I salute China for recognizing that properly providing for the elderly in their post-work years is a justice-based requirement of any responsible state, and for choosing a pension model which delivers substantive returns, and not just the illusion of a secure retirement.
Not only is this the compassionate, "right" thing to do, but it is also a means whereby the unique contributions of elderly persons can continue to be of service to the larger community.
In my own sadly troubled country, there are some angry voices claiming that we "cannot afford" Social Security. What I find astounding, aside from the selfishness of such arguments, is that there is no recognition that there is a cost to not providing for the elderly, too!
Wise leaders understand that - in the long run - the cost of an adequately funded pension program is going to be less than the accumulation of ad hoc emergency responses to the demands of the elderly poor for housing, food, and medical assistance.
If I may, I respectfully recommend two suggestions with regard to your pension plan.

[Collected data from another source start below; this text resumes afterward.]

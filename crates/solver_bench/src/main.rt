//! Solves a sample system again and again, so that the solver's ways can be timed.
#![tactic(auto)]

mod end;
mod request;

ghost use Rattle.std.specs.Prelude.{◌<◌, ◌≤◌};

use end::End;
use jn_base::OutOfMemory;
use jn_sharing::Workers;
use jn_solver_samples::{drained, solved};
use request::{Request, request_of};
use std::alloc::Global;
use std::process::ExitCode;
use std::rt::Env;
use std::thread::Threads;
use std::{env, io};

const USAGE: &str =
    "usage: solver_bench SHAPE COUNT WORKERS REPEATS, where SHAPE is chain, star or ring, and WORKERS 0 to 16";

/// The words after the program's name.
fn words<R: Env + AllocGlobal>(rt: &R) -> io::Result<Vec<String>> {
    let mut words = Vec::new(rt.alloc());
    for word in env::args(rt)?.skip(1) {
        words.push(word)?;
    }
    Ok(words)
}

/// How many bits are set.
fn bits_of(words: &[u64]) -> u64 {
    let mut bits = 0u64;
    for word in words {
        bits = bits.saturating_add(u64::from(word.count_ones()));
    }
    bits
}

/// The words of the request's net, by a drain where there are no workers.
fn solve_once<R: Threads + Sync>(
    rt: &R,
    alloc: Global,
    request: Request,
) -> Result<Vec<u64>, OutOfMemory>
    requires any { 0 < request.net.bodies }
    requires workers { request.workers ≤ 16 }
{
    if request.workers == 0 {
        drained(alloc, &request.net)
    } else {
        solved(rt, alloc, request.net, Workers::of(request.workers))
    }
}

/// The bits that the last of the request's runs found.
fn bits_found<R: Threads + Sync>(
    rt: &R,
    alloc: Global,
    request: Request,
) -> Result<u64, OutOfMemory>
    requires any { 0 < request.net.bodies }
    requires workers { request.workers ≤ 16 }
{
    let mut bits = 0;
    for _ in 0..request.repeats {
        let words = solve_once(rt, alloc, request)?;
        bits = bits_of(words.as_slice());
    }
    Ok(bits)
}

fn run<R: Env + AllocGlobal + Print + Eprint + Threads + Sync>(rt: &R) -> Result<(), End> {
    let words = words(rt)?;
    let Some(request) = request_of(words.as_slice()) else {
        eprintln!(rt; "{USAGE}")?;
        return Err(End::Usage);
    };
    let bits = bits_found(rt, rt.alloc(), request)?;
    let (shape, bodies, workers) = (request.shape_name(), request.net.bodies, request.workers);
    println!(rt; "{shape} {bodies} {workers}: {bits} bits")?;
    Ok(())
}

fn main(rt: HostRuntime) -> ExitCode {
    match run(&rt) {
        Ok(()) => ExitCode::SUCCESS,
        Err(end) => ExitCode::from(end.number()),
    }
}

First, rather than a pure defined benefit plan which uses all of a person's wages as one of the ingredients of determining eventual benefits, I recommend adjusting that formula to give greater payout "weight" to those of greater need (at or below the poverty line, for example), and significantly lesser proportionate payments to those less in need of pension supplements in retirement.
To use US dollars in an example: someone whose lifetime average wages are US$25,000 a year or less is clearly going to need a replacement ratio of nearly 100 percent, while a person whose lifetime average wages are US$125,000 will "need" a lesser replacement ratio.
The latter individual is one who most likely has accumulated significant private reserves for retirement, while the former has had little or no "surplus" by which to provide for the future.
The Social Security program in the United States operates like this. While this kind of program will cost significantly less than a pure defined benefit program, it will achieve the legitimate justice goals of the state.
Second, I think it most likely that your pension program will have a greater chance of success if it is national in character and not dependent upon individual provinces or communities.
That there will likely remain considerable variation in income and living standards among the various locales in China, just as is in the United States, is a coherent argument for a national program. A national program also can more easily accommodate citizen mobility from one city or province to another.
I offer these thoughts with the hope that they might be of some assistance in continuing your admirable commitment to the well being of all of your citizens, whatever their age or income.
The author, a former college teacher and member of the Iowa State House of Representatives, retired from the Iowa Public Employees' Retirement System in 2004 after 17 years as its benefits administrator.